Monday, September 21, 2009

Use Ref Cursor in Java and Close it

In one of our production databases, I observed from v$open_cursor that some sessions from weblogic application server could have about 2000 opened cursor count for a particular ref cursor. Usually the weblogic servers are recycled every night. I can observe the count increasing from 0 to about 2000 before recycle each day.

This database has been crash every week from ORA-600 [17074]. In the trace file, the SQL of the process that crashes the database is shown to be that ref cursor. So the cursor was thought to be contributed into the crash at least. (Oracle Support suggests that the bug in the server combined with the condition in our code caused the crash). However, recently the database crash problem has mysteriously disappeared without any sound reasons.

Development team claimed that they close that cursor in their Java code, but I really doubted it as the count is still increasing every day. I am afraid that it is a bomb that will explode some day again.

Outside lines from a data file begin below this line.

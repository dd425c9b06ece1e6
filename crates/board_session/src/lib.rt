//! A board session of the Go Text Protocol, for clients that keep a board of their own: it plays by the rules of placing.
#![tactic(auto)]

mod advice;
mod analysis;
mod cycle_advice;
mod cycle_analysis;
mod engine;
mod generating;
mod laws;
mod limits;
mod lines;
mod settling;
mod statuses;
mod topic;

pub use engine::BoardEngine;
pub use laws::{board_laws, cycle_laws, generating_laws};
pub use limits::BoardLimits;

I have used Java several years ago when I did some course works in school. However, since then, I have never touched Java. I assigned myself a task to simulate the cursor count increasing symptom. It took me some time to figure out how. I even asked that in some forum, but did not get what I want. I eventually found this AskTom post and this site helpful.

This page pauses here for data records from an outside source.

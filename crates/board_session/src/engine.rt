//! The engine: a session, and the loads of files that its lines ask for.

ghost use Rattle.std.specs.Prelude.{◌≡◌, ◌≤◌, ◌<◌, ◌⊎◌, ◌+◌, length, IfOk, OnErr};
ghost use Rattle.desk_io.specs.declared.lines.TheConstants.{MOST_LINES};
ghost use Rattle.gtp_words.specs.Asking.{AsksBy};
ghost use Rattle.gtp_words.specs.declared.loading.Loading.TheVariants.{Position};
ghost use Rattle.board_session.specs.Asking.{AskedNames, LineNames, OrderNames};
ghost use Rattle.board_orders.specs.Orders.Asked.{something};
ghost use Rattle.board_orders.specs.Orders.BoardOrder.{loadsgf};
ghost use Rattle.board_session.specs.Session.{is_last};
ghost use Rattle.board_session.specs.Steps.{AreLineSteps, AskToSolve, OrderSolves, SolvesWithin};
ghost use Rattle.board_session.specs.Written.{IsBoardReply, unused};
ghost use Rattle.board_orders.specs.Doing.{AsksInRange, HasKomiInRange};
ghost use Rattle.board_session.specs.inner.Doing.{CanTakeUp};
ghost use Rattle.board_session.specs.inner.Obeying.{IsLoadNoted, IsMet, IsObeyed};
ghost use Rattle.board_orders.specs.Viewed.{asked_of, order_of};

use crate::analysis::analyse;
use crate::generating::{generate, suggest};
use crate::limits::BoardLimits;
use board_orders::{Asked, BoardSession, Refusal, Request, accept, read_asked, refuse};
use board_words::colour_word;
use desk_io::Shelf;
use gtp_words::{Answer, Loading, Loads, MOST_LOADS, clean, load, split, take_id};
use item_list::ItemList;
use local_play::Steps;
use sgf_go::Setup;
use std::alloc::{AllocError, Global};
use std::marker::Model;
use std::str;
use std::sync::ledger::Ledger;

/// A board session and its loads. Contracts see these and the limits.
#[derive(Drop)]
pub struct BoardEngine {
    limits: BoardLimits,
    session: BoardSession,
    loads: Loads,
}

impl Model for BoardEngine {
    ghost use Rattle.board_session.specs.Written.{BoardEngine};

    ghost Value = { BoardEngine };

    ghost view = { λ e. record { limits = e.limits; state = e.session; loads = e.loads } };
}

/// Whether a request ends the session.
fn is_quit(request: &Request<'_, '_>) -> bool
    ensures { result ≡ is_last (something (order_of request.now)) }
{
    matches!(request, Request::Quit)
}

impl BoardEngine {
    /// An engine with an empty board of 19 by 19 and no komi.
    pub fn new(alloc: Global, limits: BoardLimits) -> Result<BoardEngine, AllocError>
        ensures { IfOk result (λ engine. engine ≡ unused limits) }
    {
        Ok(BoardEngine {
            limits,
            session: BoardSession::new(alloc)?,
            loads: Loads::new(alloc),
        })
    }

    /// Takes up the position of a file, or leaves all as it was where memory is refused.
    fn take_up(&mut self, id: &[u8], setup: Setup) -> Result<ItemList<u8>, AllocError>
        requires few { self.old.loads.count < MOST_LOADS }
        requires fit { CanTakeUp (Position setup) }
        ensures noted { IfOk result (λ reply. IsLoadNoted
            id.now (Position setup) self.old reply self.new) }
        ensures same { OnErr result (self.new ≡ self.old) }
    {
        match accept(
            self.session.allocator(),
            id,
            colour_word(setup.side()).as_bytes(),
        ) {
            Ok(reply) => {
                self.session.take_up(setup);
                self.loads.note_made();
                Ok(reply)
            }
            Err(cause) => {
                drop(setup);
                Err(cause)
            }
        }
    }

    /// Notes what a load comes to.
    fn note(&mut self, id: &[u8], loading: Loading) -> Result<ItemList<u8>, AllocError>
        requires few { self.old.loads.count < MOST_LOADS }
        requires fit { CanTakeUp loading }
        ensures noted { IfOk result (λ reply. IsLoadNoted id.now loading self.old reply self.new) }
        ensures same { OnErr result (self.new ≡ self.old) }
    {
        let alloc = self.session.allocator();
        match loading {
            Loading::Position(setup) => self.take_up(id, setup),
            Loading::Nothing => {
                let refused = refuse(alloc, id, Refusal::CannotLoadFile)?;
                self.loads.note_made();
                Ok(refused)
            }
            Loading::Failed => {
                let refused = refuse(alloc, id, Refusal::CannotLoadFile)?;
                self.loads.note_failed()?;
                Ok(refused)
            }
        }
    }

    /// Loads a file of the shelf.
    fn load_file<H: Shelf>(
        &mut self,
        id: &[u8],
        file: &[u8],
        after: Option<u32>,
        shelf: &mut H,
    ) -> Result<ItemList<u8>, AllocError>
        requires few { self.old.loads.count < MOST_LOADS }
        ensures loaded { IfOk result (λ reply. IsObeyed (H.files shelf.old) (H.faults shelf.old)
            (H.faults shelf.new) id.now (loadsgf file.now after) self.old reply self.new) }
        ensures asked { AsksBy H.asks (OrderNames (loadsgf file.now after))
            shelf.old shelf.new result }
        ensures same { OnErr result (self.new ≡ self.old) }
        ensures same_files { H.files shelf.new ≡ H.files shelf.old }
        ensures later { H.faults shelf.old ≤ H.faults shelf.new }
    {
        let alloc = self.session.allocator();
        let name = match str::from_utf8(file) {
            Ok(name) => name,
            Err(_) => return refuse(alloc, id, Refusal::CannotLoadFile),
        };
        let loading = load(alloc, shelf, name, self.limits.territory, after)?;
        self.note(id, loading)
    }

    /// Does what a request says.
    fn obey<H: Shelf, L: Ledger>(
        &mut self,
        id: &[u8],
        request: Request<'_, '_>,
        shelf: &mut H,
        steps: &mut Steps<L>,
    ) -> Result<ItemList<u8>, AllocError>
        requires few { self.old.loads.count < MOST_LOADS }
        requires few_moves { length self.old.state.moves < MOST_LINES }
        requires komi { HasKomiInRange (order_of request) }
        ensures obeyed { IfOk result (λ reply. IsObeyed (H.files shelf.old) (H.faults shelf.old)
            (H.faults shelf.new) id.now (order_of request.entry) self.old reply self.new) }
        ensures asked { AsksBy H.asks (OrderNames (order_of request.entry))
            shelf.old shelf.new result }
        ensures same { OnErr result (self.new ≡ self.old) }
        ensures same_files { H.files shelf.new ≡ H.files shelf.old }
        ensures later { H.faults shelf.old ≤ H.faults shelf.new }
        ensures steps { (steps.new ≡ steps.old) ⊎ (OrderSolves (order_of request.entry)
            × SolvesWithin self.old.limits self.old.state steps.old steps.new) }
    {
        match request {
            Request::LoadSgf(file, after) => self.load_file(id, file, after, shelf),
            Request::GenMove(colour) => {
                generate(
                    &mut self.session,
                    id,
                    colour,
                    &self.limits.game,
                    self.limits.cycles,
                    steps,
                )
            }
            Request::RegGenMove(colour) => {
                suggest(
                    &self.session,
                    id,
                    colour,
                    &self.limits.game,
                    self.limits.cycles,
                    steps,
                )
            }
            Request::Analyse(analysis) => {
                analyse(
                    &self.session,
                    id,
                    analysis,
                    &self.limits.game,
                    self.limits.cycles,
                    steps,
                )
            }
            plain => self.session.obey(id, plain),
        }
    }

    /// Answers what words ask for.
    fn meet<H: Shelf, L: Ledger>(
        &mut self,
        id: &[u8],
        asked: Asked<'_, '_>,
        shelf: &mut H,
        steps: &mut Steps<L>,
    ) -> Result<Answer, AllocError>
        requires few { self.old.loads.count < MOST_LOADS }
        requires few_moves { length self.old.state.moves < MOST_LINES }
        requires komi { AsksInRange (asked_of asked) }
        ensures met { IfOk result (λ answer. IsMet (H.files shelf.old) (H.faults shelf.old)
            (H.faults shelf.new) id.now (asked_of asked.entry) self.old answer.reply self.new) }
        ensures asked { AsksBy H.asks (AskedNames (asked_of asked.entry))
            shelf.old shelf.new result }
        ensures quit { IfOk result (λ answer. answer.quit ≡ is_last (asked_of asked.entry)) }
        ensures same { OnErr result (self.new ≡ self.old) }
        ensures same_files { H.files shelf.new ≡ H.files shelf.old }
        ensures later { H.faults shelf.old ≤ H.faults shelf.new }
        ensures steps { (steps.new ≡ steps.old) ⊎ (AskToSolve (asked_of asked.entry)
            × SolvesWithin self.old.limits self.old.state steps.old steps.new) }
    {
        let alloc = self.session.allocator();
        match asked {
            Asked::Something(request) => {
                let quit = is_quit(&request);
                let reply = self.obey(id, request, shelf, steps)?;
                Ok(Answer { reply, quit })
            }
            Asked::Unknown => {
                let reply = refuse(alloc, id, Refusal::UnknownCommand)?;
                Ok(Answer { reply, quit: false })
            }
            Asked::Misfit => {
                let reply = refuse(alloc, id, Refusal::SyntaxError)?;
                Ok(Answer { reply, quit: false })
            }
        }
    }

    /// Answers a line, or leaves the engine as it was where memory is refused. A load that fails is noted.
    pub fn answer<H: Shelf, L: Ledger>(
        &mut self,
        line: &[u8],
        shelf: &mut H,
        steps: &mut Steps<L>,
    ) -> Result<Answer, AllocError>
        requires few { self.old.loads.count < MOST_LOADS }
        requires few_moves { length self.old.state.moves < MOST_LINES }
        ensures answered { IfOk result (λ answer. IsBoardReply (H.files shelf.old)
            (H.faults shelf.old)
            (H.faults shelf.new) line.now self.old answer.reply self.new answer.quit) }
        ensures asked { AsksBy H.asks (LineNames line.now) shelf.old shelf.new result }
        ensures grown { length self.new.state.moves ≤ length self.old.state.moves + 1 }
        ensures same { OnErr result (self.new ≡ self.old) }
        ensures same_files { H.files shelf.new ≡ H.files shelf.old }
        ensures later_loads { H.faults shelf.old ≤ H.faults shelf.new }
        ensures steps { AreLineSteps self.old.limits self.old.state line.now
            steps.old steps.new }
    {
        let alloc = self.session.allocator();
        let text = clean(alloc, line)?;
        let words = split(alloc, &text)?;
        if words.is_empty() {
            return Ok(Answer {
                reply: ItemList::new(alloc),
                quit: false,
            });
        }
        let headed = take_id(&words);
        let answer = self.meet(headed.id, read_asked(headed.rest), shelf, steps);
        drop(words);
        drop(text);
        answer
    }
}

The test is done in the Oracle sample schema HR and in a 10G database.

First of all, I created a function in a package that returns a ref cursor. Given a Department ID, the function returns a ref cursor pointing to a list of last names and first names of the employees belonging to that department.

The function looks like:
function sfGetEmpDept
( pDeptID in EMPLOYEES.DEPARTMENT_ID%type)
return csGetResultSet is

csGetEmp csGetResultSet;

begin
open csGetEmp for
SELECT e.last_name, e.first_name, e.department_id
FROM employees e
WHERE e.department_id = pDeptID
ORDER BY e.last_name;

return csGetEmp;
end sfGetEmpDept;


Secondly, I figured out how to use this ref cursor in a Java program through JDeveloper. In the Java code, I called a method getEmpDept 10 times.

em.showOpenCnt( conn, "*** Before anything" );
for(int i = 10;  i <=100; i = i + 10 ) {        
emlist = em.getEmpDept(i);
System.out.println( "Dept ID: " + i +
" Number of employee is " + emlist.size()  );
}
em.showOpenCnt( conn, "*** After everything" );




There is a line in the method getEmpDept which controls whether close the result set or not:

rs.close();

I measure the open curosr count before and after call getEmpDept. The results are as expected:

1. Uncomment out rs.close(), i.e. we close the ref cursor after use it.

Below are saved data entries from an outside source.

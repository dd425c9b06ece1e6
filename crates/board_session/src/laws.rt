//! Laws of board sessions, the contract of a function that does nothing.

ghost use Rattle.board_session.specs.CycleLaws.{GameGoesOnWithCycles, OneKindIsToldWithCycles, WinIsKeptWithCycles};
ghost use Rattle.board_session.specs.GeneratedLaws.{BoardsStaySettled, GameGoesOn, OneKindIsTold, WinIsKept};
ghost use Rattle.board_session.specs.Laws.{MovesStand};

/// The position of each state is that of the setup and the moves that stand. It has no code.
pub fn board_laws()
    ensures stand { MovesStand }
{}

/// From a won game the move that a colour is told leads to a lost one for the other, and after one that puts no stone the
/// state opens the very game to which it leads. A colour is told one kind of thing in a state. Boards without declared
/// points stay settled. It has no code.
pub fn generating_laws()
    ensures win { WinIsKept }
    ensures on { GameGoesOn }
    ensures one { OneKindIsTold }
    ensures settled { BoardsStaySettled }
{}

/// The same of games in which kos can arise. It has no code.
pub fn cycle_laws()
    ensures win { WinIsKeptWithCycles }
    ensures on { GameGoesOnWithCycles }
    ensures one { OneKindIsToldWithCycles }
{}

Get the Number of emplyee in a Department
*** Before anything
1 opened cursors current
-----------------------
Dept ID: 10 Number of employee is 1
Dept ID: 20 Number of employee is 2
Dept ID: 30 Number of employee is 6
Dept ID: 40 Number of employee is 1
Dept ID: 50 Number of employee is 45
Dept ID: 60 Number of employee is 5
Dept ID: 70 Number of employee is 1
Dept ID: 80 Number of employee is 34
Dept ID: 90 Number of employee is 3
Dept ID: 100 Number of employee is 6
*** After everything
1 opened cursors current

-----------------------
Process exited with exit code 0.

2. Comment out rs.close(), i.e. we don't close the ref cursor in every call
*** Before anything
1 opened cursors current
-----------------------
Dept ID: 10 Number of employee is 1
Dept ID: 20 Number of employee is 2
Dept ID: 30 Number of employee is 6
Dept ID: 40 Number of employee is 1
Dept ID: 50 Number of employee is 45
Dept ID: 60 Number of employee is 5
Dept ID: 70 Number of employee is 1
Dept ID: 80 Number of employee is 34
Dept ID: 90 Number of employee is 3
Dept ID: 100 Number of employee is 6
*** After everything
11 opened cursors current

-----------------------
Process exited with exit code 0.

It is obvious that without rs.close, every time we call the Java method, we will increase the count by 1. With this simulation, I feel a little bit confident to question the development team again as to whether that cursor is really closed

Here can be found the code for the ref cursor and Java class.

[Ed. Sep 28, 2009 -]:
Find another AskTom thread that is very related to this topic

[Updated, Feb 22, 2010 -]:
We had a near-crash siutation by same ORA-600 17074 last Monday night, database was completely hung. Development team eventually identified the problem in a packaged PL/SQL procedure, which returns three ref cursors when called by Java code , however developers only needs to use one of them in the application, so they use it and close that one, but leaving the other two open. After fix, i.e. close the other two also. I observed the max open cursor per session is not even exceeding  100.

Sunday, September 20, 2009

Rename and drop table columns

If we have a relatively big table and we want to modify a column from one type to another, i.e. number to varchar2(50), we may experience very long time. Note if we just change, for example, from varchar2(10) to varchar2(50), it will not be a problem, Oracle can finish in a split of second.

This was what we faced last night during the code release. The column was acutally added in the previous release, but for some reason it has not been used and is containing no data. The problem was that we would run out of the maintenance window if we were just waiting for it to complete (obsevered it would take 4-5 hours from v$session_longops view).

In this situation, the capability of renaming a column name comes to help. We renamed the column with a suffix '_old', and added a new column with the desired data type and name. It completed in seconds.

The syntax looks like:

SQL> alter table myschema.mytab rename column MYCOL to MYCOL_old;
SQL> alter table myschema.mytab add MYCOL varchar2(50);



It is noted in the Oracle online doc that when you rename a column, Oracle updates associated data dictionary tables to ensure that function-based indexes and check constraints remain valid.

So now comes to the question what is the best way to drop those *_old columns? - There are acutully 4 tables with 8 columns were addressed in this way.

Checking the online document again, there is a section in the Admin Guide (9i) that covers some options. I did not see we can do parallel drop of a column. I did notice there is an interesting option: checkpoint, which we may want to consider as our tables are very large. For example:

ALTER TABLE hr.admin_emp DROP UNUSED COLUMNS CHECKPOINT 250;


The doc describes:

" This option causes a checkpoint to be applied after processing the specified number of rows, in this case 250. Checkpointing cuts down on the amount of undo logs accumulated during the drop column operation to avoid a potential exhaustion of undo space."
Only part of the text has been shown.